→ What you need to do
You are asked to write out the full listing exactly as it stands.

→ The input
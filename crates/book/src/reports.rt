// What a book tells without changing.
ghost use Rattle.std.specs.Prelude.{◌≡◌, length, [], Some, MatchResult};
ghost use Rattle.tariff.specs.Pricing.{Meaning};

use crate::book::Book;
use ledger::Entries;
use store::State;
use tariff::{Facts, LINES, Refusal, Schedule};

/// A month on file, as it stands.
#[derive(Clone, Copy, PartialEq, Eq, Debug)]
pub struct MonthOnFile {
    /// How many days it has, 28 to 31.
    pub days: u8,
    /// Whether it is open, billed or final.
    pub state: State,
    /// What it would be priced from now.
    pub facts: Facts,
}

impl Book<'_, '_, '_> {
    ghost use Rattle.book.specs.Books.{Answers, view};
    ghost use Rattle.book.specs.Calls.{asks, whether_due, line_total};
    ghost use Rattle.book.specs.OnFile.{IsOnFile};
    ghost use Rattle.book.specs.Table.{IsInOrder, first_holding, month_rows};
    ghost use Rattle.book.specs.Texts.{text_answer, text_bytes, text_rows};

    /// How a month stands; refused where the book is blank or has no such month.
    pub fn month(&self, month: u32) -> Result<MonthOnFile, Refusal>
        ensures { MatchResult result (IsOnFile month (view self.now))
            (λ refusal. first_holding (month_rows month (view self.now) []) ≡ Some refusal) }
    {
        let named = self.named_month(month)?;
        Ok(MonthOnFile {
            days: named.days,
            state: named.state,
            facts: self.facts(&named),
        })
    }

    /// Whether pricing the file now would alter any line's sum of a billed month. Refused where the
    /// month is open, and where the schedule cannot price it.
    pub fn due<S: Schedule>(&self, month: u32, schedule: &S) -> Result<bool, Refusal>
        ensures { Answers (S.meaning schedule.now) (asks (whether_due month)) self.now result }
    {
        let named = self.named_month(month)?;
        if !named.state.has_reached(State::Billed) {
            return Err(Refusal::MonthOpen { month });
        }
        let amounts = self.price(&named, schedule)?;
        Ok(
            self.ledger()
                .first_differing(named.number, &amounts)
                .is_some(),
        )
    }

    /// What the entries of a billed month for a line, from 1, add up to in cents. Refused where
    /// there is no such line, and where the month is open.
    pub fn total(&self, month: u32, line: u32) -> Result<i64, Refusal>
        ensures { (meaning : Meaning)
            → Answers meaning (asks (line_total month line)) self.now result }
    {
        let named = self.named_month(month)?;
        if line < 1 || LINES < line as usize {
            return Err(Refusal::NoSuchPlace {
                month,
                place: line as u64,
            });
        }
        if !named.state.has_reached(State::Billed) {
            return Err(Refusal::MonthOpen { month });
        }
        Ok(self.ledger().total(named.number, line as u8))
    }

    /// The ledger: its entries, in the order in which they were written.
    pub fn ledger(&self) -> Entries<'_>
        ensures { result.slice.now ≡ (view self.now).ledger }
    {
        Entries {
            slice: &self.entries[..self.written],
        }
    }

    /// Prints an entry, by its number from 0, as a line at the front of the bytes; answers its
    /// length. Refused where the book is blank, where there is no such entry, and where there are
    /// fewer bytes than `ledger::MOST_BYTES`.
    pub fn text(&self, entry: u32, bytes: &mut [u8]) -> Result<usize, Refusal>
        ensures answer { result ≡ text_answer entry (length bytes.old) (view self.now) }
        ensures bytes { bytes.new ≡ text_bytes entry (view self.now) bytes.old }
        ensures ordered { IsInOrder (text_rows entry (length bytes.old) (view self.now)) }
    {
        self.open_point(0)?;
        Ok(self.ledger().text(entry as usize, bytes)?)
    }
}
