// Memory for a book.
ghost use Rattle.std.specs.Prelude.{◌≡◌, IfOk, min};
ghost use Rattle.store.specs.declared.month.TheConstants.{MOST_MONTHS};

use crate::book::Book;
use ledger::Entry;
use std::alloc::{AllocError, Global};
use store::{Hour, MONTH_HOURS, MONTH_QUARTERS, MOST_MONTHS, Quarter};

/// The memory of one book: for the quarters and the hours of its months, and for its entries.
#[derive(Drop)]
pub struct BookMemory {
    quarters: Vec<Quarter>,
    hours: Vec<Hour>,
    entries: Vec<Entry>,
}

impl BookMemory {
    ghost use Rattle.book.specs.Books.{view};
    ghost use Rattle.book.specs.Memories.{entry_room, month_room};
    ghost use Rattle.book.specs.Views.{blank_view};

    /// Memory for so many months, at most `store::MOST_MONTHS`, and so many entries. Refused where
    /// there is no memory.
    pub fn new(alloc: Global, months: u32, entries: usize) -> Result<BookMemory, AllocError>
        ensures months { IfOk result (λ memory. month_room memory ≡ min MOST_MONTHS months) }
        ensures entries { IfOk result (λ memory. entry_room memory ≡ entries) }
    {
        let months = MOST_MONTHS.min(months as usize);
        Ok(BookMemory {
            quarters: vec![in alloc; Quarter::NEVER_POSTED; MONTH_QUARTERS * months]?,
            hours: vec![in alloc; Hour::NEVER_POSTED; MONTH_HOURS * months]?,
            entries: vec![in alloc; Entry::UNWRITTEN; entries]?,
        })
    }

    /// A blank book over it.
    pub fn book(&mut self) -> Book<'_, '_, '_>
        ensures { view result ≡ blank_view (month_room self.old) (entry_room self.old) }
    {
        Book::new(
            self.quarters.as_mut_slice(),
            self.hours.as_mut_slice(),
            self.entries.as_mut_slice(),
        )
    }
}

→ Answer for this exercise
filename crates/book/src/reports.rt
// What a book tells without changing.
ghost use Rattle.std.specs.Prelude.{◌≡◌, length, [], Some, MatchResult};
ghost use Rattle.tariff.specs.Pricing.{Meaning};

use crate::book::Book;
use ledger::Entries;
use store::State;
use tariff::{Facts, LINES, Refusal, Schedule};

/// A month on file, as it stands.
#[derive(Clone, Copy, PartialEq, Eq, Debug)]
pub struct MonthOnFile {
    /// How many days it has, 28 to 31.
    pub days: u8,
    /// Whether it is open, billed or final.
    pub state: State,
    /// What it would be priced from now.
    pub facts: Facts,
}

impl Book<'_, '_, '_> {
    ghost use Rattle.book.specs.Books.{Answers, view};
    ghost use Rattle.book.specs.Calls.{asks, whether_due, line_total};
    ghost use Rattle.book.specs.OnFile.{IsOnFile};
    ghost use Rattle.book.specs.Table.{IsInOrder, first_holding, month_rows};
    ghost use Rattle.book.specs.Texts.{text_answer, text_bytes, text_rows};

    /// How a month stands; refused where the book is blank or has no such month.
    pub fn month(&self, month: u32) -> Result<MonthOnFile, Refusal>
        ensures { MatchResult result (IsOnFile month (view self.now))
            (λ refusal. first_holding (month_rows month (view self.now) []) ≡ Some refusal) }
    {
        let named = self.named_month(month)?;
        Ok(MonthOnFile {
            days: named.days,
            state: named.state,
            facts: self.facts(&named),
        })
    }

    /// Whether pricing the file now would alter any line's sum of a billed month. Refused where the
    /// month is open, and where the schedule cannot price it.
    pub fn due<S: Schedule>(&self, month: u32, schedule: &S) -> Result<bool, Refusal>
        ensures { Answers (S.meaning schedule.now) (asks (whether_due month)) self.now result }
    {
        let named = self.named_month(month)?;
        if !named.state.has_reached(State::Billed) {
            return Err(Refusal::MonthOpen { month });
        }
        let amounts = self.price(&named, schedule)?;
        Ok(
            self.ledger()
                .first_differing(named.number, &amounts)
                .is_some(),
        )
    }

    /// What the entries of a billed month for a line, from 1, add up to in cents. Refused where
    /// there is no such line, and where the month is open.
    pub fn total(&self, month: u32, line: u32) -> Result<i64, Refusal>
        ensures { (meaning : Meaning)
            → Answers meaning (asks (line_total month line)) self.now result }
    {
        let named = self.named_month(month)?;
        if line < 1 || LINES < line as usize {
            return Err(Refusal::NoSuchPlace {
                month,
                place: line as u64,
            });
        }
        if !named.state.has_reached(State::Billed) {
            return Err(Refusal::MonthOpen { month });
        }
        Ok(self.ledger().total(named.number, line as u8))
    }

    /// The ledger: its entries, in the order in which they were written.
    pub fn ledger(&self) -> Entries<'_>
        ensures { result.slice.now ≡ (view self.now).ledger }
    {
        Entries {
            slice: &self.entries[..self.written],
        }
    }

    /// Prints an entry, by its number from 0, as a line at the front of the bytes; answers its
    /// length. Refused where the book is blank, where there is no such entry, and where there are
    /// fewer bytes than `ledger::MOST_BYTES`.
    pub fn text(&self, entry: u32, bytes: &mut [u8]) -> Result<usize, Refusal>
        ensures answer { result ≡ text_answer entry (length bytes.old) (view self.now) }
        ensures bytes { bytes.new ≡ text_bytes entry (view self.now) bytes.old }
        ensures ordered { IsInOrder (text_rows entry (length bytes.old) (view self.now)) }
    {
        self.open_point(0)?;
        Ok(self.ledger().text(entry as usize, bytes)?)
    }
}
// Memory for a book.
ghost use Rattle.std.specs.Prelude.{◌≡◌, IfOk, min};
ghost use Rattle.store.specs.declared.month.TheConstants.{MOST_MONTHS};

use crate::book::Book;
use ledger::Entry;
use std::alloc::{AllocError, Global};
use store::{Hour, MONTH_HOURS, MONTH_QUARTERS, MOST_MONTHS, Quarter};

/// The memory of one book: for the quarters and the hours of its months, and for its entries.
#[derive(Drop)]
pub struct BookMemory {
    quarters: Vec<Quarter>,
    hours: Vec<Hour>,
    entries: Vec<Entry>,
}

impl BookMemory {
    ghost use Rattle.book.specs.Books.{view};
    ghost use Rattle.book.specs.Memories.{entry_room, month_room};
    ghost use Rattle.book.specs.Views.{blank_view};

    /// Memory for so many months, at most `store::MOST_MONTHS`, and so many entries. Refused where
    /// there is no memory.
    pub fn new(alloc: Global, months: u32, entries: usize) -> Result<BookMemory, AllocError>
        ensures months { IfOk result (λ memory. month_room memory ≡ min MOST_MONTHS months) }
        ensures entries { IfOk result (λ memory. entry_room memory ≡ entries) }
    {
        let months = MOST_MONTHS.min(months as usize);
        Ok(BookMemory {
            quarters: vec![in alloc; Quarter::NEVER_POSTED; MONTH_QUARTERS * months]?,
            hours: vec![in alloc; Hour::NEVER_POSTED; MONTH_HOURS * months]?,
            entries: vec![in alloc; Entry::UNWRITTEN; entries]?,
        })
    }

    /// A blank book over it.
    pub fn book(&mut self) -> Book<'_, '_, '_>
        ensures { view result ≡ blank_view (month_room self.old) (entry_room self.old) }
    {
        Book::new(
            self.quarters.as_mut_slice(),
            self.hours.as_mut_slice(),
            self.entries.as_mut_slice(),
        )
    }
}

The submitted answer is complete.